● Prompt
Copy the result of filtering the entries below for lines that include the string "Sets".

● Extracted data
============================================================
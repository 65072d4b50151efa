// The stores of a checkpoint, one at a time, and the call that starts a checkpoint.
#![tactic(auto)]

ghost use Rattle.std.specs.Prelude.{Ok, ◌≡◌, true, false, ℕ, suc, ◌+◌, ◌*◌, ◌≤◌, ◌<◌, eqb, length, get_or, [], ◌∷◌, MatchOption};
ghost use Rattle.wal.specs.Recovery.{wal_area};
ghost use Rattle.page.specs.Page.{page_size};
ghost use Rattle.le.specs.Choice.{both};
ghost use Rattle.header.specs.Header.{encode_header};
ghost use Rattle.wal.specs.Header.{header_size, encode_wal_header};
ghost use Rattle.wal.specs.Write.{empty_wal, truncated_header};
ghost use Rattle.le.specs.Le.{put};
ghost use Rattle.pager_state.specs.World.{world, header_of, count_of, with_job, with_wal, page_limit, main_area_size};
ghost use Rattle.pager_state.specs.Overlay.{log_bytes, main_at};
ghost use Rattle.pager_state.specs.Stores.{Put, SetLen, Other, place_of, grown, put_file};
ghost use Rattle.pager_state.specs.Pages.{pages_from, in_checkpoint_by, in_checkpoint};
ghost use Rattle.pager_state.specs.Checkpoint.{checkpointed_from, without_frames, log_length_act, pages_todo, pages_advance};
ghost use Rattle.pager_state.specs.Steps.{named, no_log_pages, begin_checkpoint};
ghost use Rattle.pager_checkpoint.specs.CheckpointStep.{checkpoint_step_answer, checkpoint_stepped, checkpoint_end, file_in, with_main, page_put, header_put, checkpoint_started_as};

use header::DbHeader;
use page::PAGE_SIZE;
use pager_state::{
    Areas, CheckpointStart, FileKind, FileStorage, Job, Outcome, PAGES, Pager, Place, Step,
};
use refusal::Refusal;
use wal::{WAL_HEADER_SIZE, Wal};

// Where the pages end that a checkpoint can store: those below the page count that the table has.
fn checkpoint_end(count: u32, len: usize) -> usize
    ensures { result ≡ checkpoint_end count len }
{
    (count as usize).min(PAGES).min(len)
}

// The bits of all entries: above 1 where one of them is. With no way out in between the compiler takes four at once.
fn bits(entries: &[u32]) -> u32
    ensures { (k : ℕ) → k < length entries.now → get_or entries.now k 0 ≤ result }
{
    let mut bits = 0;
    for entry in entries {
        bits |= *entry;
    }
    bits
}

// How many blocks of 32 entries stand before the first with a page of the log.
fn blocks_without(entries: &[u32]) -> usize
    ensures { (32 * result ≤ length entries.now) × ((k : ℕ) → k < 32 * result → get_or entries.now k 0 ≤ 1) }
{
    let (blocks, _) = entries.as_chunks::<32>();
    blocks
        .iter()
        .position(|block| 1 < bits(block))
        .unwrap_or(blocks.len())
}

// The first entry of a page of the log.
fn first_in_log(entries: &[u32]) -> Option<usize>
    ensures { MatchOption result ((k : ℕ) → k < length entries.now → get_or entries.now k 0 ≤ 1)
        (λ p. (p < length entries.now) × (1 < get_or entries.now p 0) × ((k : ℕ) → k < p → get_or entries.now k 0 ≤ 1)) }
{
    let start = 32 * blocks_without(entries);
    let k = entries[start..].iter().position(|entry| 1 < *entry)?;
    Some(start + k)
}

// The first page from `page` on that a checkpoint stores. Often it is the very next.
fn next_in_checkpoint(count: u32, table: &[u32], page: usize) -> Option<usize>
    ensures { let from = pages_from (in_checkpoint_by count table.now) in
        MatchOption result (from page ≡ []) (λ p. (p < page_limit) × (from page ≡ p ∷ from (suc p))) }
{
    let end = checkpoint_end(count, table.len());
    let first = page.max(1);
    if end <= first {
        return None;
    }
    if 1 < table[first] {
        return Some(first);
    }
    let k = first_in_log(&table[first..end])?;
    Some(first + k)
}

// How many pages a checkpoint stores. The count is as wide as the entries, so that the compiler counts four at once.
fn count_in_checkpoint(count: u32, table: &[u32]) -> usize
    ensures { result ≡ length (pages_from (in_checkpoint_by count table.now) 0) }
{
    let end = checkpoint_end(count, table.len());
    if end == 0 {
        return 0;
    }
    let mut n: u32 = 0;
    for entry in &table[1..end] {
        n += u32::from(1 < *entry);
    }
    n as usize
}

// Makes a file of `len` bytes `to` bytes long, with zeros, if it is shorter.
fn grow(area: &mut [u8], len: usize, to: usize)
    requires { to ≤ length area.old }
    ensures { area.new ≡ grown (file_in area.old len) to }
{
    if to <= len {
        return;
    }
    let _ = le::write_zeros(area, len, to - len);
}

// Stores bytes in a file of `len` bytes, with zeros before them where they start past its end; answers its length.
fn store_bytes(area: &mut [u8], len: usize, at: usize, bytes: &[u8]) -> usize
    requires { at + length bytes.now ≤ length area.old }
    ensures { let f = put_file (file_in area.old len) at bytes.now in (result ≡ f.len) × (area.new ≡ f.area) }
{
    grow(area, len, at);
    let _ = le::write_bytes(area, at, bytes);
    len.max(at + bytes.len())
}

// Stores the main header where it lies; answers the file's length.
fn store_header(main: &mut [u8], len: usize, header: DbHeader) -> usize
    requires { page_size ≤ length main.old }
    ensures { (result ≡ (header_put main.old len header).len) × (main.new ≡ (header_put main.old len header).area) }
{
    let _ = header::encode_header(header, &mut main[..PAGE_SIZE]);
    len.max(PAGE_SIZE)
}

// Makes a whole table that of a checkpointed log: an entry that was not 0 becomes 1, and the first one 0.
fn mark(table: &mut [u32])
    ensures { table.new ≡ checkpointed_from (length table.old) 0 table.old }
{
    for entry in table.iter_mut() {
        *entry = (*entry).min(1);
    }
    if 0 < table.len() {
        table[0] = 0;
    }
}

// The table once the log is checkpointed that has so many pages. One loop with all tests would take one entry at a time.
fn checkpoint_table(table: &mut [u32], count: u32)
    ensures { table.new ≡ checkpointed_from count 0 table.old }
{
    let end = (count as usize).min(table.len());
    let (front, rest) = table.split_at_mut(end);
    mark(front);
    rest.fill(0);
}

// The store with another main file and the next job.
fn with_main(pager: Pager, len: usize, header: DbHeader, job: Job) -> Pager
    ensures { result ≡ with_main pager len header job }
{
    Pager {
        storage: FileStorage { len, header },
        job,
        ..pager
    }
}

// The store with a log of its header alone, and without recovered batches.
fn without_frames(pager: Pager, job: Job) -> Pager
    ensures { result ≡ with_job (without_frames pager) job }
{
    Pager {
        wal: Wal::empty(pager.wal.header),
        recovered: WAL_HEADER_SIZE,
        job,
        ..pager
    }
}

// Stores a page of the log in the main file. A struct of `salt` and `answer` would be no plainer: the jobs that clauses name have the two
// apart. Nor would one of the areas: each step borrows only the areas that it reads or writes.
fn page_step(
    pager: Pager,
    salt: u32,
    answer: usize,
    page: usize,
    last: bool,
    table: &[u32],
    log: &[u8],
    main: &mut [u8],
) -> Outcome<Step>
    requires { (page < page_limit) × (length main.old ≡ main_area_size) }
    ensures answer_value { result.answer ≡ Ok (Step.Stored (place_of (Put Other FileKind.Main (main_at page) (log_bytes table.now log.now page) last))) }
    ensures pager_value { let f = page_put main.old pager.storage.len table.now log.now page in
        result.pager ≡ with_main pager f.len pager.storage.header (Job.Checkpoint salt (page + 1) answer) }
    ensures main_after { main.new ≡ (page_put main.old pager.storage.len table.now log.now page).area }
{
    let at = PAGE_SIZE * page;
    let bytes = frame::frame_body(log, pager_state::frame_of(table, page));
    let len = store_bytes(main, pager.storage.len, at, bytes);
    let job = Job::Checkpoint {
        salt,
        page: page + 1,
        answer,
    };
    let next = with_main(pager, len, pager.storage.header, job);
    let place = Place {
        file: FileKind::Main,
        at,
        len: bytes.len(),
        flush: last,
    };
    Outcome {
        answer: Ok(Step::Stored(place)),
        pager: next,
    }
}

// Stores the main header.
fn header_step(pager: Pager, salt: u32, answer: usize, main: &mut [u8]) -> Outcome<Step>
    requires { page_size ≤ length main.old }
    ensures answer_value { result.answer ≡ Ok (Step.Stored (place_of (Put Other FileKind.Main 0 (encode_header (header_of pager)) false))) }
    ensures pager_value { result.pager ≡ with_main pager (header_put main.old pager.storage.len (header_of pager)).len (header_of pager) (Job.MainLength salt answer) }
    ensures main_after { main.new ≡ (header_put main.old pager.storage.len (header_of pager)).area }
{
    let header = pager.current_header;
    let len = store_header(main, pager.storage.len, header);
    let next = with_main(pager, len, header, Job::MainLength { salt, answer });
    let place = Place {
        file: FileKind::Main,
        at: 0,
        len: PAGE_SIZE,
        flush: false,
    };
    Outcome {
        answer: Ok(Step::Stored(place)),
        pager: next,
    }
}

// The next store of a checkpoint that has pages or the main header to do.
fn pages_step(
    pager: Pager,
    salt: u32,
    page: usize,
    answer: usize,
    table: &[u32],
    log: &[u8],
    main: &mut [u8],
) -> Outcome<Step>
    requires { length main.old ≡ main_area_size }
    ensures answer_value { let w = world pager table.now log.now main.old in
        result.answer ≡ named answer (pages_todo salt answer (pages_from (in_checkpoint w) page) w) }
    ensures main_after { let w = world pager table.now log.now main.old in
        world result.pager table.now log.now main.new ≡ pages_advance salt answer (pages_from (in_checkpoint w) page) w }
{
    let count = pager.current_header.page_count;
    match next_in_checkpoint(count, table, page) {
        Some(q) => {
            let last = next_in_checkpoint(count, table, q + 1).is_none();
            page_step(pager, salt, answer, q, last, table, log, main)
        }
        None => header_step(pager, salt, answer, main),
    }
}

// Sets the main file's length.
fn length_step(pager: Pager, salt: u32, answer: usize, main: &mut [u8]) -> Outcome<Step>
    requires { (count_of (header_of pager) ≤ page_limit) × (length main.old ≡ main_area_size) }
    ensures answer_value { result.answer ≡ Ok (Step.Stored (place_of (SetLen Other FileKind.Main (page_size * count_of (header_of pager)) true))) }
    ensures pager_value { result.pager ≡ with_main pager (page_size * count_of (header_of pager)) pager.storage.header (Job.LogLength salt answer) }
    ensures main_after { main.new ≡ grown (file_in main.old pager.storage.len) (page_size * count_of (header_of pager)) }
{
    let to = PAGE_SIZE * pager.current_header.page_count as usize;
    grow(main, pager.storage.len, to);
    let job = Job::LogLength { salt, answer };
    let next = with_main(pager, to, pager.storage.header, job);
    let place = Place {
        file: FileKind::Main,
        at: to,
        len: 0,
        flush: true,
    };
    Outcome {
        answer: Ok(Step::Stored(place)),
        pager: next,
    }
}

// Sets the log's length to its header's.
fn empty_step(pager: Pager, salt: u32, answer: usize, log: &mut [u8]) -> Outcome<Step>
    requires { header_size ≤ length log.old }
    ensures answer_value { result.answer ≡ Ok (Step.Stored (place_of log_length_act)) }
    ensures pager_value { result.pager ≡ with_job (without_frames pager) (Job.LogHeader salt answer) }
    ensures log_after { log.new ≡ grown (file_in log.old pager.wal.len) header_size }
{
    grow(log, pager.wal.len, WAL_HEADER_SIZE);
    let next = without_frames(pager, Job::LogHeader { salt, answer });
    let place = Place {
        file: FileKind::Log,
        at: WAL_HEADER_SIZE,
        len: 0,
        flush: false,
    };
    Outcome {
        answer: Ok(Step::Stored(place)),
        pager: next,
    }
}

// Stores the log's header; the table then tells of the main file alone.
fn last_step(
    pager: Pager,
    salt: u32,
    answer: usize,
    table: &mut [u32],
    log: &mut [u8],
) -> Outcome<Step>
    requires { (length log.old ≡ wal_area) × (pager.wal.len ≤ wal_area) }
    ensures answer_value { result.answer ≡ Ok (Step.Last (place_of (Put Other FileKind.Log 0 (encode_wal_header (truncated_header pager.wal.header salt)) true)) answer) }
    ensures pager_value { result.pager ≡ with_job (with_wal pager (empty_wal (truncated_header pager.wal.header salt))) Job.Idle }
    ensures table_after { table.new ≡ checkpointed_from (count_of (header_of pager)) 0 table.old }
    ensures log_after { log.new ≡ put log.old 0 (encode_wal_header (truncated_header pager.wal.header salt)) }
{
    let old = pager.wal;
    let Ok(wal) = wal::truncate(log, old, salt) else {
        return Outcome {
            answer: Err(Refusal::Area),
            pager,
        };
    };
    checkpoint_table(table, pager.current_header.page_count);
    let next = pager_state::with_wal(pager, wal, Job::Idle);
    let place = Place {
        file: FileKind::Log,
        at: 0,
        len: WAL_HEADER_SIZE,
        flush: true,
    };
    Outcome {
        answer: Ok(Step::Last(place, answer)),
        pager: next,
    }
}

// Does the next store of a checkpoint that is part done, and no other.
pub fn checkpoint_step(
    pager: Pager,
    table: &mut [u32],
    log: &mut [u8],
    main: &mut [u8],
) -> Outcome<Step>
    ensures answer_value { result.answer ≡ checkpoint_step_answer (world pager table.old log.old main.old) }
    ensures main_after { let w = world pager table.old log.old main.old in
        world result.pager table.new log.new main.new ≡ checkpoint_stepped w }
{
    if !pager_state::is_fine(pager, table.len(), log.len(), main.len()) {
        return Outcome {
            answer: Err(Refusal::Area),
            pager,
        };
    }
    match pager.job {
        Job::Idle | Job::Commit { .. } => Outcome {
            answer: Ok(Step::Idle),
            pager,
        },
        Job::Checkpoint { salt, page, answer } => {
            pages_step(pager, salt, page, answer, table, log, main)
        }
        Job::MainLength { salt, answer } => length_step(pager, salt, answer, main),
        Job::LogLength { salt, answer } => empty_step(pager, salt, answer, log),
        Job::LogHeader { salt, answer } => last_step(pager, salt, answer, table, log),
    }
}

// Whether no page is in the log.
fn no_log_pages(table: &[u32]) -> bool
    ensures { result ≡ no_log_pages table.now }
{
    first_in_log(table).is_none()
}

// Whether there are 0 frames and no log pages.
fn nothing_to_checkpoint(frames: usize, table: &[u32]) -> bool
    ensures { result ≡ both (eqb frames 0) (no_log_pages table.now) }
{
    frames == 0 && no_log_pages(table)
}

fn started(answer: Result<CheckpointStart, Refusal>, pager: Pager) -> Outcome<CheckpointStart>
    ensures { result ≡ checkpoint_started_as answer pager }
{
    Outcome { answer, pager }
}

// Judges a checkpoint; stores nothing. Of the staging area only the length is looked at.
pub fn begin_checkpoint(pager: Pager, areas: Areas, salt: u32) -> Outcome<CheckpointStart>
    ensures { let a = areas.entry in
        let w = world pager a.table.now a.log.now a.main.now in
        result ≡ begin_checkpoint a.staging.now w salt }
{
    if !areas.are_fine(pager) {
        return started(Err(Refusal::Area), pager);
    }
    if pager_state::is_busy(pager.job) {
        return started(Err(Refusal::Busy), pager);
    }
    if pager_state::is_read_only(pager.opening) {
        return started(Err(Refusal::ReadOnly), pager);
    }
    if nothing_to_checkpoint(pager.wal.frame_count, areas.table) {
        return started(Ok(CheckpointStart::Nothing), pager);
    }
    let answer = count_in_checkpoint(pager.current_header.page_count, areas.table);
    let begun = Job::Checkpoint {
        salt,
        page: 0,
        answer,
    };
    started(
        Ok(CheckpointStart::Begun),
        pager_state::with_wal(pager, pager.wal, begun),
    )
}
============================================================
● Solution to the exercise
// Sets the main file's length.
// Sets the log's length to its header's.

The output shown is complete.